The Sad Fate of the Park Crabs

Today, I discovered the sun-bleached remains of a park crab. I profess that the remains brought a tear to my eye. I am not generally a sentimental man, but the loss of an entire species is an atrocity that I cannot bear.

The park crab, Cardisoma hortus, a terrestrial species twenty-five centimeters across on average, was hunted to extinction twenty years before I arrived in the City. According to back-issues of Neo-Urbana Natura, Cardisoma hortus was never a common sight, and was widely considered a relic of a time when the Park was wetter and warmer.

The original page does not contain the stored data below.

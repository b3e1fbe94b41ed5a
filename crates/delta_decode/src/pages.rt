// The entries of all blocks of a judged page, written in either way.
ghost use Rattle.std.specs.Prelude.{◌≡◌, true, ◌-◌, ◌≤◌, ◌<◌};
ghost use Rattle.rules.specs.Delta.{shaped, blocks_at};
ghost use Rattle.rules.specs.Delta.Deltas.{good};
ghost use Rattle.signed.specs.Reached.{reached};
ghost use Rattle.signed.specs.Entries.{step};
ghost use Rattle.delta_decode.specs.PageEntries.{deltas_of};

use crate::blocks::write_block;
use crate::miniblocks::Miniblocks;
use delta_octets::writing::Writing;
use delta_read::blocks::{block_at, needed_of};

// The entries of all blocks from `from` on, and the one that may be left after them.
pub fn write_blocks<T: Writing>(
    writing: T,
    page: &[u8],
    start: usize,
    size: usize,
    minis: usize,
    n: usize,
    from: u32,
    out: &mut [T::Out],
)
    requires { (0 < n) × (n ≤ 16384) × (shaped size minis ≡ true) × T.Room writing 0 n out.old
        × (blocks_at 32 size minis (n - 1) (n - 1) page.now start
        ≡ good (deltas_of (blocks_at 32 size minis (n - 1) (n - 1) page.now start))) }
    ensures { out.new
        ≡ T.write writing 0 n
        (reached 32 from
        (step 32 (deltas_of (blocks_at 32 size minis (n - 1) (n - 1) page.now start))))
        out.old }
{
    let m = size / minis;
    let mut x = from;
    let mut at = start;
    let mut left = n - 1;
    let mut i: usize = 0;
    while 0 < left {
        let need = needed_of(minis, m, left);
        let Ok(block) = block_at(page, at, minis, need, m) else {
            return;
        };
        let needed = Miniblocks {
            least: block.least,
            widths: block.widths,
            bodies: block.widths + minis,
            need,
            size: m,
        };
        x = write_block(writing, page, needed, x, left + 1, out, i);
        i += need * m;
        left = left.saturating_sub(size);
        at = block.next;
    }
    if i < n {
        writing.write_one(x, out, i);
    }
}
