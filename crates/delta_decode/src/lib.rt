// A judged delta page's entries one after another: into the bitmap, and into places. Their laws stand in
// specs/.
#![tactic(auto)]

pub mod blocks;
pub mod miniblocks;
pub mod pages;
pub mod placing;
pub mod selecting;
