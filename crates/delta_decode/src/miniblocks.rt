// The needed miniblocks of a block that was judged.

// The smallest delta's zigzag number, the places of their width bytes and of their bodies, how many they
// are, and how many entries each holds.
#[derive(Clone, Copy)]
pub struct Miniblocks {
    pub least: u64,
    pub widths: usize,
    pub bodies: usize,
    pub need: usize,
    pub size: usize,
}
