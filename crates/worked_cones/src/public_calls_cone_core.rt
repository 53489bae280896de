//! The calls of `cone_core`, each once with its type. Calls that take or return a borrow are named as they are called.
use bench_io::NoMemory;
use cone_core::{CombineFault, Ray, SolutionFault, SparseRow, System, combine, gcd, is_solution};
use std::alloc::Global;
use std::test::Fail;

#[test]
fn calls_have_their_types(_rt: HostRuntime) {
    let _row: fn(Global, &[(u32, i32)]) -> Result<SparseRow, NoMemory> = SparseRow::new;
    let _system: fn(Global, u32) -> System = System::new;
    let _push_row: fn(&mut System, SparseRow) -> Result<(), NoMemory> = System::push_row;
    let _columns: fn(&System) -> u32 = System::columns;
    let _len: fn(&System) -> u32 = System::len;
    let _unit: fn(Global, u32, u32) -> Result<Ray, NoMemory> = Ray::unit;
    let _copy: fn(&Ray, Global) -> Result<Ray, NoMemory> = Ray::copy;
    let _gcd: fn(u128, u128) -> u128 = gcd;
    let _combine: fn(Global, &Ray, &Ray, u128, u128, u128) -> Result<Ray, CombineFault> = combine;
    let _is_solution: fn(&System, &[u128]) -> Result<(), SolutionFault> = is_solution;
}

#[test]
fn entries_are_lent(rt: HostRuntime) -> Result<(), Fail> {
    let ray = Ray::unit(rt.alloc(), 3, 1)?;
    let entries: &[u128] = Ray::entries(&ray);
    assert_eq!(rt; entries, [0, 1, 0].as_slice());
    Ok(())
}
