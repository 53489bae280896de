//! The clash test of normal coordinates, with the list of the clashing pairs.

ghost use Rattle.std.specs.Prelude.{◌≡◌, ◌≤◌, IfOk};
ghost use Rattle.table_definitions.specs.Table.{max_tets};
ghost use Rattle.surface_definitions.specs.Coordinates as coordinates;
ghost use Rattle.ray_steps.specs.Clashes.{AreClashes};

use crate::clashes::clash_list;
use crate::masks::Masks;
use out_of_memory::NoMemory;
use ray_steps::Compatible;
use std::alloc::Global;
use support_bits::Support;
use surface_definitions::Coords;

/// The masks for a number of tetrahedra, with clashing pairs. Invariant: `pairs` are those of the coordinates and the
/// number of tetrahedra of `masks`, and `columns` is their number of columns.
#[derive(Drop)]
pub struct MaskedClashes {
    masks: Masks,
    pairs: Vec<(u32, u32)>,
    columns: u32,
    ghost same: { pairs.items ≡ coordinates.clash_list masks.coords masks.tets },
    ghost count: { columns ≡ coordinates.columns masks.coords masks.tets },
    ghost different: { AreClashes columns pairs.items },
}

impl MaskedClashes {
    /// The clash test for `tets` tetrahedra in the coordinates `coords`, which have `columns` columns.
    pub fn new(
        alloc: Global,
        coords: Coords,
        tets: u32,
        columns: u32,
    ) -> Result<MaskedClashes, NoMemory>
        requires tets { tets ≤ max_tets }
        requires columns { columns ≡ coordinates.columns coords tets }
        ensures pairs { IfOk result (λ test. test.pairs.items ≡ coordinates.clash_list coords tets) }
        ensures columns { IfOk result (λ test. test.columns ≡ columns) }
    {
        let pairs = clash_list(alloc, coords, tets)?;
        let masks = Masks::new(alloc, coords, tets)?;
        Ok(MaskedClashes {
            masks,
            pairs,
            columns,
        })
    }
}

impl Compatible for MaskedClashes {
    ghost width = { λ it. it.columns };

    ghost clashing = { λ it. it.pairs.items };

    ghost decides = { λ _. Unit {0} };

    fn columns(&self) -> u32 {
        self.columns
    }

    fn pairs(&self) -> &[(u32, u32)] {
        &self.pairs
    }

    fn allows(&self, a: &Support, b: &Support) -> bool {
        self.masks.allows(a, b)
    }
}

Twenty-two years ago, a dabbler in natural sciences named Horatio Clank discovered the delicate flavor of the park crab’s leg meat when his house cook mistook Clank’s specimens for the evening’s main course. News spread among the wealthy residents of the south Burroughs as such news does, along with the rumor (never proven scientifically) that the meat also stimulated the–ahem–baser energies of eldery gentlemen. One might say that the park crab was dealt a very bad hand indeed.

I’ve examined census data from a much more respectable naturalist, and the decline in the crab’s population is heartbreaking to witness even on paper. In four short years, the roving hordes of urchin children trapped and sold an entire species for mere nickels. It must be said that the crab did not help matters much with its habit of hanging from the low limbs of trees and swinging in the breeze as part of their mating rituals.

Still… I can’t help but hope that I might one day happen upon a living park crab, hidden somewhere deep within the brambles where the threat of bears and other dangers keep all but the most determined naturalists at bay. The Park is vast. I cannot say with absolute certainty that such a discovery is impossible.